Task instructions —
Beneath this line are the data; copy exactly the part of them that opens with the line containing "#[inline(always)]" and closes with the line containing "Lui Jal Jalr", and only that part.

Record excerpts —

________

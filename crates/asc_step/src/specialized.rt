//! One step of the machine, with code of its own for each operation.
//!
//! It comes to what `try_step` comes to. There are two since a plain step is cheaper with such code for all operations,
//! and a tracer's step with such code for those alone that programs do most.
ghost use Rattle.std.specs.Prelude.{◌≡◌, ◌≤◌, Some};
ghost use Rattle.asc_model.specs.Machine.{view_of};
ghost use Rattle.asc_model.specs.Instruction.{op_of};
ghost use Rattle.asc_model.specs.Places.{operand_places};
ghost use Rattle.asc_model.specs.Step.{effect_of, outcome_of_word};
ghost use Rattle.asc_isa.specs.Decode.{HasRegisters};
ghost use Rattle.asc_shape.specs.Face.{room_of};
ghost use Rattle.asc_step.specs.Execute.{AtInstruction, IsOfVersion, RunsSettled, answer_of, face_after_outcome};
ghost use Rattle.asc_step.specs.Step.{Attempts};

use crate::Stepped;
use crate::execute::execute;
use crate::faults::{fault, word_fault};
use crate::places::read_word;
use crate::version::has_atomics;
use asc_isa::{decode, operation};
use asc_model::{FaultKind, Instr, Op, STEP_ROOM};
use asc_shape::{Shape, Words};

/// A match with an arm for each of these operations, all of which do the same.
///
/// So the compiler makes code of its own for each operation, to which decoding leads at once.
macro_rules! each_operation {
    ($operation:expr => $execute:expr; $($op:ident)*) => {
        match $operation { $(Op::$op => $execute),* }
    };
    ($operation:expr => $execute:expr; $($op:ident)*; _ => $rest:expr) => {
        match $operation { $(Op::$op => $execute,)* _ => $rest }
    };
}

/// Takes one step of a state of this shape as `try_step` does, with code of its own for each operation.
///
/// `K` is any type. It tells loops of steps apart: each has a copy of this that is called there alone, which the compiler
/// then takes into the loop.
#[inline]
pub(crate) fn step_specialized<B: Words, K>(bytes: &mut B, shape: Shape) -> Stepped
    requires shape { shape ≡ (B.face bytes.old).state.shape }
    requires room { STEP_ROOM ≤ room_of (B.face bytes.old).marks }
    ensures { Attempts (B.face bytes.old) (B.face bytes.new) result }
{
    // That its state is one, and its marks fit it.
    let _ = bytes.shape();
    let pc = read_word(bytes, 0);
    if let Some(kind) = word_fault(shape, pc, FaultKind::Misaligned, FaultKind::FetchOutside) {
        return fault(kind, pc, pc);
    }
    let word = read_word(bytes, shape.place_of(pc));
    match decode::<K>(word, has_atomics(shape.version())) {
        Some(instruction) => execute_specialized::<B, K>(bytes, shape, pc, instruction),
        None => fault(FaultKind::Illegal, pc, word),
    }
}

/// Carries out the instruction at this pc, as `execute` does.
#[inline]
fn execute_specialized<B: Words, K>(
    bytes: &mut B,
    shape: Shape,
    pc: u32,
    instruction: Instr,
) -> Stepped
    requires shape { shape ≡ (B.face bytes.old).state.shape }
    requires registers { HasRegisters instruction }
    requires at { AtInstruction (B.face bytes.old) pc }
    requires version { let s = (B.face bytes.old).state in
        IsOfVersion s.shape.version (effect_of (view_of s) instruction) }
    requires room { 22 ≤ room_of (B.face bytes.old).marks }
    ensures answer { let s = (B.face bytes.old).state in
        result ≡ answer_of (outcome_of_word s.shape (view_of s) (Some instruction)) }
    ensures face { let s = (B.face bytes.old).state in
        B.face bytes.new ≡ face_after_outcome (B.face bytes.old)
        (operand_places s.shape (view_of s) (Some instruction))
        (outcome_of_word s.shape (view_of s) (Some instruction)) }
{
    each_operation!(
        operation(instruction) => execute::<B, false>(bytes, shape, pc, instruction);
        Lui Auipc Jal Jalr Beq Bne Blt Bge Bltu Bgeu Lb Lh Lw Lbu Lhu Sb Sh Sw Addi Slti Sltiu Xori
        Ori Andi Slli Srli Srai Add Sub Sll Slt Sltu Xor Srl Sra Or And Fence FenceI Ecall Ebreak
        Mul Mulh Mulhsu Mulhu Div Divu Rem Remu LrW ScW AmoswapW AmoaddW AmoxorW AmoandW AmoorW
        AmominW AmomaxW AmominuW AmomaxuW
    )
}

/// Carries out the instruction at this pc, as `execute` does, with code of its own for the operations that programs do
/// most. The registers of the instruction are settled where `SETTLED` says so.
///
/// With many more arms the compiler no longer takes this into the loop of a trace, which then is slower. The last arm is for
/// none of the operations that `decode_likely` answers, and is a call, so that it takes no room here. What it came to is in
/// `rare`, which the caller's caller keeps: memory for it here would be filled anew at each step.
#[inline(always)]
pub(crate) fn execute_likely<B: Words, K, const SETTLED: bool>(
    bytes: &mut B,
    shape: Shape,
    pc: u32,
    instruction: Instr,
    rare: &mut Stepped,
) -> Stepped
    requires shape { shape ≡ (B.face bytes.old).state.shape }
    requires registers { HasRegisters instruction }
    requires at { AtInstruction (B.face bytes.old) pc }
    requires version { let s = (B.face bytes.old).state in
        IsOfVersion s.shape.version (effect_of (view_of s) instruction) }
    requires settled { RunsSettled SETTLED (B.face bytes.old).marks instruction }
    requires room { 22 ≤ room_of (B.face bytes.old).marks }
    ensures answer { let s = (B.face bytes.old).state in
        result ≡ answer_of (outcome_of_word s.shape (view_of s) (Some instruction)) }
    ensures face { let s = (B.face bytes.old).state in
        B.face bytes.new ≡ face_after_outcome (B.face bytes.old)
        (operand_places s.shape (view_of s) (Some instruction))
        (outcome_of_word s.shape (view_of s) (Some instruction)) }
{
    each_operation!(
        operation(instruction) => execute::<B, SETTLED>(bytes, shape, pc, instruction);
        Lui Jal Jalr Beq Bne Blt Bge Bltu Bgeu Lb Lw Lbu Sb Sw Addi Xori Ori Andi Slli Srli Srai Add
        Sub Sltu Xor Or And Mul;
        _ => {
            execute_rest(bytes, shape, pc, instruction, rare);
            *rare
        }
    )
}

/// Carries out the instruction at this pc, as `execute` does, out of line: so `execute_likely` stays small enough to be
/// taken into the loop of a trace. What it came to is put into `rare`.
#[cold]
#[inline(never)]
fn execute_rest<B: Words>(
    bytes: &mut B,
    shape: Shape,
    pc: u32,
    instruction: Instr,
    rare: &mut Stepped,
)
    requires shape { shape ≡ (B.face bytes.old).state.shape }
    requires registers { HasRegisters instruction }
    requires at { AtInstruction (B.face bytes.old) pc }
    requires version { let s = (B.face bytes.old).state in
        IsOfVersion s.shape.version (effect_of (view_of s) instruction) }
    requires room { 22 ≤ room_of (B.face bytes.old).marks }
    ensures answer { let s = (B.face bytes.old).state in
        rare.new ≡ answer_of (outcome_of_word s.shape (view_of s) (Some instruction)) }
    ensures face { let s = (B.face bytes.old).state in
        B.face bytes.new ≡ face_after_outcome (B.face bytes.old)
        (operand_places s.shape (view_of s) (Some instruction))
        (outcome_of_word s.shape (view_of s) (Some instruction)) }
{
    *rare = execute::<B, false>(bytes, shape, pc, instruction);
}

________

Solution —
#[inline(always)]
pub(crate) fn execute_likely<B: Words, K, const SETTLED: bool>(
    bytes: &mut B,
    shape: Shape,
    pc: u32,
    instruction: Instr,
    rare: &mut Stepped,
) -> Stepped
    requires shape { shape ≡ (B.face bytes.old).state.shape }
    requires registers { HasRegisters instruction }
    requires at { AtInstruction (B.face bytes.old) pc }
    requires version { let s = (B.face bytes.old).state in
        IsOfVersion s.shape.version (effect_of (view_of s) instruction) }
    requires settled { RunsSettled SETTLED (B.face bytes.old).marks instruction }
    requires room { 22 ≤ room_of (B.face bytes.old).marks }
    ensures answer { let s = (B.face bytes.old).state in
        result ≡ answer_of (outcome_of_word s.shape (view_of s) (Some instruction)) }
    ensures face { let s = (B.face bytes.old).state in
        B.face bytes.new ≡ face_after_outcome (B.face bytes.old)
        (operand_places s.shape (view_of s) (Some instruction))
        (outcome_of_word s.shape (view_of s) (Some instruction)) }
{
    each_operation!(
        operation(instruction) => execute::<B, SETTLED>(bytes, shape, pc, instruction);
        Lui Jal Jalr Beq Bne Blt Bge Bltu Bgeu Lb Lw Lbu Sb Sw Addi Xori Ori Andi Slli Srli Srai Add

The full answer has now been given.